EXERCISE GOAL:
Whenever "HandInTerms" occurs in a line of the material, list that line.

THE INPUT:

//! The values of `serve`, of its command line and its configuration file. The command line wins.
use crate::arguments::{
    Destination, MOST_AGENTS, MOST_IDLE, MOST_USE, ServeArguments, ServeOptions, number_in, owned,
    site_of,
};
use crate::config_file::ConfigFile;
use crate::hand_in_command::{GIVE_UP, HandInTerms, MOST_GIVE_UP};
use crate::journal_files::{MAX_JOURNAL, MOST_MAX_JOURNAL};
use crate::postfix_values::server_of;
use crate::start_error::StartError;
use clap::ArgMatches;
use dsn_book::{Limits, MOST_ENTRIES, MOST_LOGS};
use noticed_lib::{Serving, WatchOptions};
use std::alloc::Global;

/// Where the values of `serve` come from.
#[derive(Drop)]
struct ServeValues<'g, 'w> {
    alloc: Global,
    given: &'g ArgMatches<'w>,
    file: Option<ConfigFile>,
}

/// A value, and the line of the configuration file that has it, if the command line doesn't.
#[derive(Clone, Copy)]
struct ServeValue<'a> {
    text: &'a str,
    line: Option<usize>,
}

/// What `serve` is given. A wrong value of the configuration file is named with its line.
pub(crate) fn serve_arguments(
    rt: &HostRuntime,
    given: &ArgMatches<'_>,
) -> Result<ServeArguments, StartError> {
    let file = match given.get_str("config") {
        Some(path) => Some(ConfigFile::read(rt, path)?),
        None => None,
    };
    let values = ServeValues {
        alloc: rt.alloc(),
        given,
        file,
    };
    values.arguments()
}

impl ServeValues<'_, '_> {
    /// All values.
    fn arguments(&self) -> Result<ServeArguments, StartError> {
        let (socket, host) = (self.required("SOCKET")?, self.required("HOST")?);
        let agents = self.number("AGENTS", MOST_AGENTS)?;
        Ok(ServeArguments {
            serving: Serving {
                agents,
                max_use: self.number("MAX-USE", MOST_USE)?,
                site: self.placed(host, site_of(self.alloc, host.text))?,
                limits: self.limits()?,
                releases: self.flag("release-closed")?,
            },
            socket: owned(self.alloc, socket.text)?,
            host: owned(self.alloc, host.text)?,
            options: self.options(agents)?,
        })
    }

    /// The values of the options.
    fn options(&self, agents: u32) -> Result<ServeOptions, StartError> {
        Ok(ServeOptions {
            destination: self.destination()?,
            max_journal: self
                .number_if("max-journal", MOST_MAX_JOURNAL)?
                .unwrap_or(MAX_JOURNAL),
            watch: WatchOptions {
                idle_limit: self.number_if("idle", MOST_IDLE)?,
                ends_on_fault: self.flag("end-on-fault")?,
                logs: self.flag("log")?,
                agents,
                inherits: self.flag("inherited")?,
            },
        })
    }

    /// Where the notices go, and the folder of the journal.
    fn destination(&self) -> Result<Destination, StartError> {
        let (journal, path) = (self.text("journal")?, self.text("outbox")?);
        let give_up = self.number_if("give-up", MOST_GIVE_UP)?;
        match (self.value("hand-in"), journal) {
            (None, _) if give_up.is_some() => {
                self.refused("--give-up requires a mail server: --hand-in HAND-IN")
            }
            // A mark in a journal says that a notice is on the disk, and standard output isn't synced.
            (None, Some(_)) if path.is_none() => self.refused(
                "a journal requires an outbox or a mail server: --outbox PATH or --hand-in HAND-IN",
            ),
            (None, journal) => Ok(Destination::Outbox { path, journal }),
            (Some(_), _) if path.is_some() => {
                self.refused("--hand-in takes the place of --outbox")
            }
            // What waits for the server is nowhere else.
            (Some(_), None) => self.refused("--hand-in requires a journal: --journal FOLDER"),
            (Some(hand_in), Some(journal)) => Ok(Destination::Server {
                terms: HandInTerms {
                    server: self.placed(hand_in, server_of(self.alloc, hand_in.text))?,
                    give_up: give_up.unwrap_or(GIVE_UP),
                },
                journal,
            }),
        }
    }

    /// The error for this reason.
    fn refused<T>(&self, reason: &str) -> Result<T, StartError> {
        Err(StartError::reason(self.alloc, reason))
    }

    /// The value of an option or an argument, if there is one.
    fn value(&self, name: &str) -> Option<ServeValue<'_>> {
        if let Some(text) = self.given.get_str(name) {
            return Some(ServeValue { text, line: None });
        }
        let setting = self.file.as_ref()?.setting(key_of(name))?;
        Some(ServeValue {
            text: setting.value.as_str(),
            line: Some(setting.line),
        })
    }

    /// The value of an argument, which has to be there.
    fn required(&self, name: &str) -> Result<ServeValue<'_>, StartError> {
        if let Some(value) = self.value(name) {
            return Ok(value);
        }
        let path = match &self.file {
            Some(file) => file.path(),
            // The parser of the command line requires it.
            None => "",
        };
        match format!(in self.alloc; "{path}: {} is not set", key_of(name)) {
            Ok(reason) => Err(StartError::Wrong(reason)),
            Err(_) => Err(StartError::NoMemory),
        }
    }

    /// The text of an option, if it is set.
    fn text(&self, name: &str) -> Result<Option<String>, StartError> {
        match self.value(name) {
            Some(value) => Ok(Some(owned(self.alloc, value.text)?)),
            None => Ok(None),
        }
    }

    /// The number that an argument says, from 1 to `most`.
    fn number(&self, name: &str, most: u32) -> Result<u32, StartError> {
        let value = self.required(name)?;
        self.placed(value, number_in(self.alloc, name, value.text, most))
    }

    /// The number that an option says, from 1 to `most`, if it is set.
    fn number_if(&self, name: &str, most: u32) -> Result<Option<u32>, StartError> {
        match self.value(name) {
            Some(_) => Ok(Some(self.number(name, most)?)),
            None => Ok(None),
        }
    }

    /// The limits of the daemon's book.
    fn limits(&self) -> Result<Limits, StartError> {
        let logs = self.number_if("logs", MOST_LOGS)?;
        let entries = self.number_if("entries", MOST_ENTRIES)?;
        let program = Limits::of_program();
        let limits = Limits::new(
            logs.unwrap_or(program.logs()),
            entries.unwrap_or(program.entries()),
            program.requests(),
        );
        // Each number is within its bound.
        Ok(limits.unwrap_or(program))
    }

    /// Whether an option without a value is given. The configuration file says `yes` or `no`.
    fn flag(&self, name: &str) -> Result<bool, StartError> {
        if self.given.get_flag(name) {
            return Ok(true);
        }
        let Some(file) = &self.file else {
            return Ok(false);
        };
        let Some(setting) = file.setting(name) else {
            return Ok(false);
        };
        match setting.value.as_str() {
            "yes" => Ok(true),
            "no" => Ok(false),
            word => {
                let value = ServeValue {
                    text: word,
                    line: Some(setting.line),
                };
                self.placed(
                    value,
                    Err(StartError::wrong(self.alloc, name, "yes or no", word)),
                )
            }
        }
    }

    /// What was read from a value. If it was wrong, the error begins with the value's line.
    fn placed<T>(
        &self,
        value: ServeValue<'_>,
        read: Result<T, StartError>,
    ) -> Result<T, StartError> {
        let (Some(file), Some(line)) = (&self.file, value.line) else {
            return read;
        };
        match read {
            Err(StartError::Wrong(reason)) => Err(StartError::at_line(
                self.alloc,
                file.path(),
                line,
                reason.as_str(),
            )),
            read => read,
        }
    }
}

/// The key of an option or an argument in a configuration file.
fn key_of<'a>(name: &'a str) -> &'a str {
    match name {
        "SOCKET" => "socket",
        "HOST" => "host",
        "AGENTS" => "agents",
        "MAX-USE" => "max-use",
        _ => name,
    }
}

EXERCISE ANSWER:
use crate::hand_in_command::{GIVE_UP, HandInTerms, MOST_GIVE_UP};
                terms: HandInTerms {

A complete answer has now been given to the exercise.